The commission from Arizona Opera fell through. But in the meantime, Frank established herself as a significant American composer, winning the Latin Grammy Award for best contemporary classical composition in 2009.
When the “Sueño” project was revived, San Diego Opera’s general director, David Bennett, took the lead. In 2015, he convinced San Francisco Opera to come onboard as a co-producer, securing the support needed to bring “Sueño” to the stage. Now, after further pandemic delays, the work will premiere at San Diego Opera on Oct. 29, with San Francisco’s production coming in June.
The material is well-trodden — Kahlo’s life and work have inspired films, books, dance and Robert Xavier Rodríguez’s musical theater-tinged opera “Frida” (1991) — but Frank and Cruz determined from the outset to take a novel approach to it. Instead of dramatizing Kahlo’s physical and emotional torments and her notoriously tempestuous relationship with Rivera realistically, they embed these biographical details in the mythic context of a Day of the Dead ritual. Motifs from their paintings are integral to the story — as is the act of painting itself.
“I thought: Let’s do something different,” said Cruz, 62, recalling the first time he and Frank met to discuss the project. Frank had gravitated toward Cruz, a Cuban American playwright and poet, after reading his “Anna in the Tropics,” which won the Pulitzer Prize for Drama in 2003. “It looked like a libretto,” she said, “with monologues that could obviously be arias and lots of witty banter with a great sense of rhythm that composers can get into.”
Thus began a collaboration that has shaped the development of the careers of these two artists. Over the course of the opera’s prolonged incubation, the pair have worked on about a dozen projects, from a brief choral piece about the assassination of the poet Federico García Lorca to “Conquest Requiem,” an oratorio inspired by the complex, contradictory legacy of the Nahua woman Malinche and her role in Cortés’s war against the Aztecs.
And the long postponement of “Sueño” had its upside. “The opera is different for having this long relationship,” Frank said.
When they started to work on it, Frank played samples of her music for Cruz, including “Requiem for a Magical America: El Día de los Muertos” (2006), a “folk requiem” ballet originally scored for band and dancers, and “La Llorona,” a viola concerto about death and the afterlife. Cruz found these pieces so evocative that he decided to use the Mexican folk tradition of the Day of the Dead to anchor the opera.

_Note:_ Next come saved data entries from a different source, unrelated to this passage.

use frag_value::PinnedPair;
use pinned_pool::PoolName;

/// What a shard had at a place of its history: so many deeds were done, and they leave these keys with their values, in
/// ascending byte order of the keys.
#[derive(Drop)]
pub struct ShardImage<P: PoolName> {
    pub place: u64,
    pub pairs: Vec<PinnedPair<P>>,
}
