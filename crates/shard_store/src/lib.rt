//! The store: shards of values, each behind a lock of its own, whose histories say what was answered.
#![tactic(auto)]

mod asked;
mod done;
mod image;
mod locks;
mod parts;
mod seats;
mod shard;
mod store;

pub use asked::{AskedPart, Commons};
pub use image::ShardImage;
pub use parts::Parts;
pub use seats::open_seats;
pub use shard_core::PartAnswer;
pub use shard_part::{Part, PartOp, shard_of};
pub use store::{Store, is_shared};
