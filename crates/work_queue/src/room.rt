// The memory that a run of workers takes, all of it before the start.
ghost use Rattle.std.specs.Prelude.{◌≡◌, ◌<◌, ◌≤◌, [], All, None, IfOk, length, replicate, vec_len, vec_capacity};
ghost use Rattle.work_queue.specs.Room.{HasWorkersRoom, IsRoomy};

use crate::hand::Done;
use crate::slots::empty_slots;
use crate::worker_slot::WorkerSlot;
use std::alloc::{AllocError, Global};

/// Room for each worker's results, for the worker slots, for those who take what is left, and for the results in order.
#[derive(Drop)]
pub(crate) struct Room<T, X> {
    pub dones: Vec<Vec<Done<X>>>,
    pub worker_slots: Vec<WorkerSlot<T, X>>,
    pub rest: Vec<Done<X>>,
    pub slots: Vec<Option<X>>,
    pub results: Vec<X>,
}

impl<T: Send + Drop, X: Send + Drop> Room<T, X> {
    /// Room for so many workers, who have n jobs in all.
    pub fn taken(alloc: Global, workers: usize, n: usize) -> Result<Self, AllocError>
        ensures { IfOk result (HasWorkersRoom workers n) }
    {
        let dones = rooms(alloc, workers, n)?;
        let worker_slots = Vec::with_capacity(alloc, workers)?;
        let rest = Vec::with_capacity(alloc, n)?;
        let slots = empty_slots(alloc, n)?;
        let results = Vec::with_capacity(alloc, n)?;
        Ok(Room {
            dones,
            worker_slots,
            rest,
            slots,
            results,
        })
    }
}

// So many empty lists, each with room for n results.
fn rooms<X: Drop>(alloc: Global, count: usize, n: usize) -> Result<Vec<Vec<Done<X>>>, AllocError>
    ensures len { IfOk result (λ v. vec_len v ≡ count) }
    ensures each { IfOk result (λ v. All (IsRoomy n) v.items) }
{
    let mut rooms = Vec::with_capacity(alloc, count)?;
    for i in 0..count {
        let _place = i;
        let room = Vec::with_capacity(alloc, n)?;
        rooms.push(room)?;
    }
    Ok(rooms)
}
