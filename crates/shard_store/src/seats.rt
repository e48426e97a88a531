// The seats of a store's shards.
ghost use Rattle.std.specs.Prelude.{◌≡◌, ◌+◌, ◌<◌, length, IfOk};
ghost use Rattle.view_sums.specs.Total.{Each};
ghost use Rattle.shard_core.specs.ShardMaps.{IsBare};

use flake_base::Memory;
use pinned_pool::{Pool, PoolName, PoolSeat, PoolSeats};
use std::alloc::Global;

/// A seat of one credit for each shard, split off a seat that keeps all else.
pub fn open_seats<P: PoolName>(
    alloc: Global,
    pool: &Pool<P>,
    main: &mut PoolSeat<P>,
    shards: usize,
) -> Result<PoolSeats<P>, Memory>
    requires { shards < main.old.credits }
    ensures seats { IfOk result (λ seats. (length seats.items ≡ shards) × Each IsBare seats.items) }
    ensures credits { IfOk result (λ _. main.new.credits + shards ≡ main.old.credits) }
    ensures main { main.new ≡ record main.old { credits = main.new.credits } }
{
    let Ok(mut seats) = PoolSeats::with_room(alloc, shards) else {
        return Err(Memory);
    };
    for _ in 0..shards {
        let seat = pool.split(main, (), 1);
        let Ok(()) = seats.push(seat) else {
            unreachable!()
        };
    }
    Ok(seats)
}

“What I love about that idea is that we go into a mythic landscape that is bigger than life,” he said. “I think those are the brushstrokes that an opera needs.”
The Spanish-language libretto he wrote uses the Day of the Dead to enact a reversal of the myth of Orpheus and Eurydice — a myth central to the history of opera itself. Frida crosses the threshold from the underworld to the living for the single day allotted and guides the ailing Diego back with her as he accepts his mortality.
The opera is replete with references to the pre-Columbian Mexican culture and folklore that so profoundly inspired Kahlo and Rivera. The realm where the departed souls reside is depicted as Mictlan, the Aztec underworld. Access back to the world of the living for the Day of the Dead ritual is controlled by Catrina, a trickster figure.
Catrina also serves as the mouthpiece for the wit that leavens Cruz’s poetic, magic realism-inflected text. “Nothing illustrates the Mexican sense of humor and irony toward death more than the sugar-candy skulls that are made for the festivities of the Day of the Dead,” Cruz said, “as if death were sweet to eat and it can disintegrate in our mouths.”
The most surprising of the opera’s quartet of characters is a young actor named Leonardo — a countertenor role — who impersonates Greta Garbo for a fan, whom Leonardo crosses over from Mictlan to visit every year.
Leonardo embodies the world of art, which coexists with the worlds of the living and of the dead. The entire opera is structured around the passage among these three worlds, which are separate yet also connected. Frank said she set out to create “evocative soundscapes so that the audience is very clear when we enter a different phase of Frida and Diego’s story.”
Frank established a musical vocabulary to conjure these worlds by assigning distinct gestures and instrumental colors to each: lush harmonies to evoke “the grandeur of the underworld beneath the moonlight, a big, night sound”; hints of folkloric music and lighter dance rhythms for the world of the living; and intimate, chamber music-like textures for the world of art.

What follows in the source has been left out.